» Data for this exercise:
■ ■ ■
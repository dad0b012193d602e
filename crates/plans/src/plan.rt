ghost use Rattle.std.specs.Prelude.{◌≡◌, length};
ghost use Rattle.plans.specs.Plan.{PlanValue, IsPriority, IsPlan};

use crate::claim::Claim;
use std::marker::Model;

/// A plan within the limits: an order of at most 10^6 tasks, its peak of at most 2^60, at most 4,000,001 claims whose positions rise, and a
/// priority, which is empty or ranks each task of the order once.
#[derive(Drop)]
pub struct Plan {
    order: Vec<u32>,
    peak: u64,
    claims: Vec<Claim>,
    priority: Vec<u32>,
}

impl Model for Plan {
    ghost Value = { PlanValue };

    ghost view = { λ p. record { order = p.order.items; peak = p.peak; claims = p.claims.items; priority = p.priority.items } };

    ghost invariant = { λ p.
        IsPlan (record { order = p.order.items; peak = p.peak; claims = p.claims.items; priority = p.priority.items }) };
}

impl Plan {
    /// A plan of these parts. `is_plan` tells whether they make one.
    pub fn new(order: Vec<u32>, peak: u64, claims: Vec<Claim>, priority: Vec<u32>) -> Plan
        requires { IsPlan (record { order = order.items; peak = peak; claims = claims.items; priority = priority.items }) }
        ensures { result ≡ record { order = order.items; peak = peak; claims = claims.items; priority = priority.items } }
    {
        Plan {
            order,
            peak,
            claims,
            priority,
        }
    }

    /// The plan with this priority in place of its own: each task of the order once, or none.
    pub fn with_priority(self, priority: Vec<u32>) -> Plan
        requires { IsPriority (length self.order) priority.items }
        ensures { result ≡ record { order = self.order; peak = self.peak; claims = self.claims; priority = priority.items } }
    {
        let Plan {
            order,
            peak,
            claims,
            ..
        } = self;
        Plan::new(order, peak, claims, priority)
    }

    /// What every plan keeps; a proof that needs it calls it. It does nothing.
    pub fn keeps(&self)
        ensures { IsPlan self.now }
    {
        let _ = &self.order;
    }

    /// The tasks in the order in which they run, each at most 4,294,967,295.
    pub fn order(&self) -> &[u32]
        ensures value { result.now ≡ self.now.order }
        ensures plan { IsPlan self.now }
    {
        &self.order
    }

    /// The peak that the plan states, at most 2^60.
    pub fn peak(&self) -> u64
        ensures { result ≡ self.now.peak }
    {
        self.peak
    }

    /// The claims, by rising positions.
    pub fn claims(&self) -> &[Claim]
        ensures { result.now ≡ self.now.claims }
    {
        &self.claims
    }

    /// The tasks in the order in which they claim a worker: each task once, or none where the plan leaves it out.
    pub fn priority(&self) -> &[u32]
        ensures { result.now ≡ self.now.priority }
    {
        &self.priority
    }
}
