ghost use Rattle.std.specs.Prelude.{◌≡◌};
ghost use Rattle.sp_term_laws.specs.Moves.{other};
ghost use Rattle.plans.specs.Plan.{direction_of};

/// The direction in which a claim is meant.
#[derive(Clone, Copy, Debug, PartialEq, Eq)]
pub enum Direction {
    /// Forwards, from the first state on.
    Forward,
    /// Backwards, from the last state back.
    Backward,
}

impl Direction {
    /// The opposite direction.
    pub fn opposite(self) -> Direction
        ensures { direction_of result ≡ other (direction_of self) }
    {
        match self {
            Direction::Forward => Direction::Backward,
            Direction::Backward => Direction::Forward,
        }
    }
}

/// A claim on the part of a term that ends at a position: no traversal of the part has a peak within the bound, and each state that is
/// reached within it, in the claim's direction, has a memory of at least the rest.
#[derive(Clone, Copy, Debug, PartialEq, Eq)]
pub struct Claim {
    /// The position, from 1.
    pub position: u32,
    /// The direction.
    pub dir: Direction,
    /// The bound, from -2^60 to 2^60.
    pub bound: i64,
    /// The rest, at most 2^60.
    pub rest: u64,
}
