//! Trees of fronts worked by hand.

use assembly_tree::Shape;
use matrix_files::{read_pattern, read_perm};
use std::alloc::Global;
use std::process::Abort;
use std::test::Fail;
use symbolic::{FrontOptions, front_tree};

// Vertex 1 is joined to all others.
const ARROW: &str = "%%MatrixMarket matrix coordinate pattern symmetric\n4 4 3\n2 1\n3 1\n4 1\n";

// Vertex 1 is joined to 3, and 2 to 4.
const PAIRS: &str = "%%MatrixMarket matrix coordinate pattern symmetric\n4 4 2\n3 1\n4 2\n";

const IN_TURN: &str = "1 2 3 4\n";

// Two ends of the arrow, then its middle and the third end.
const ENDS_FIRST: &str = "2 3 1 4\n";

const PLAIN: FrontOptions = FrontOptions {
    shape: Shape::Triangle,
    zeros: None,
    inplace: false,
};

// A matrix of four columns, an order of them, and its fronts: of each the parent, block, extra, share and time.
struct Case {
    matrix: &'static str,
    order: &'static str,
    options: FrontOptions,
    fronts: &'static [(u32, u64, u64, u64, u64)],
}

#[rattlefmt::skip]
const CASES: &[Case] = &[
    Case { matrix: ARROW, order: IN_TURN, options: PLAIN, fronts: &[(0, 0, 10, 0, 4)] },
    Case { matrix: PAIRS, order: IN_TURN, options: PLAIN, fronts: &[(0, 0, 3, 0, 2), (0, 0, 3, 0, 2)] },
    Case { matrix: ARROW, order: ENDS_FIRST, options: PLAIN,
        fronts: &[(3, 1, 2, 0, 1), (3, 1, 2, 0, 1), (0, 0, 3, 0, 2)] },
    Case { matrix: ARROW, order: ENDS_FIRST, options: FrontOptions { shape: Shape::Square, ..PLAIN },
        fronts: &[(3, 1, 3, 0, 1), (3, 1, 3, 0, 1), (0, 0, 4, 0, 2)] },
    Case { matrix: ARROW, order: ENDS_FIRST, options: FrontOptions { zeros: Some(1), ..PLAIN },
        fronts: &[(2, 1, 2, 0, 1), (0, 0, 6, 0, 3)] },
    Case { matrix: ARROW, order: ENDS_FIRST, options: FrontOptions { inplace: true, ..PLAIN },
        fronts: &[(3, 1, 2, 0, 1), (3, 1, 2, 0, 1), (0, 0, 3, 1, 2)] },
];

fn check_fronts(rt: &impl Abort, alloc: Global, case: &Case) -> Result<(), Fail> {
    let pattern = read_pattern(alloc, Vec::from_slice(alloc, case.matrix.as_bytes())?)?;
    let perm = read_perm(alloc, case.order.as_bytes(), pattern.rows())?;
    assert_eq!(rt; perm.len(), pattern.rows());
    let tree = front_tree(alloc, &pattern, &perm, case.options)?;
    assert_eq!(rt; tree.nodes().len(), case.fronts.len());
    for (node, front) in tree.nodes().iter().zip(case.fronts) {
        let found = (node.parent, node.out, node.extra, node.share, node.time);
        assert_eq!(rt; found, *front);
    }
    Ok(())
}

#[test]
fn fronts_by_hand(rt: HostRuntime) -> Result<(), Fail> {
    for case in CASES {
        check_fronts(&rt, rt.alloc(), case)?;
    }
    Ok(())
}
■ ■ ■
» Task instructions:
The first line of the entries above and every line after it, up to and including the line with "once, or none.", should be set down exactly.

» Exercise answer:
repository dad0b012193d602e
filename crates/plans/src/plan.rt
ghost use Rattle.std.specs.Prelude.{◌≡◌, length};
ghost use Rattle.plans.specs.Plan.{PlanValue, IsPriority, IsPlan};

use crate::claim::Claim;
use std::marker::Model;

/// A plan within the limits: an order of at most 10^6 tasks, its peak of at most 2^60, at most 4,000,001 claims whose positions rise, and a
/// priority, which is empty or ranks each task of the order once.
#[derive(Drop)]
pub struct Plan {
    order: Vec<u32>,
    peak: u64,
    claims: Vec<Claim>,
    priority: Vec<u32>,
}

impl Model for Plan {
    ghost Value = { PlanValue };

    ghost view = { λ p. record { order = p.order.items; peak = p.peak; claims = p.claims.items; priority = p.priority.items } };

    ghost invariant = { λ p.
        IsPlan (record { order = p.order.items; peak = p.peak; claims = p.claims.items; priority = p.priority.items }) };
}

impl Plan {
    /// A plan of these parts. `is_plan` tells whether they make one.
    pub fn new(order: Vec<u32>, peak: u64, claims: Vec<Claim>, priority: Vec<u32>) -> Plan
        requires { IsPlan (record { order = order.items; peak = peak; claims = claims.items; priority = priority.items }) }
        ensures { result ≡ record { order = order.items; peak = peak; claims = claims.items; priority = priority.items } }
    {
        Plan {
            order,
            peak,
            claims,
            priority,
        }
    }

    /// The plan with this priority in place of its own: each task of the order once, or none.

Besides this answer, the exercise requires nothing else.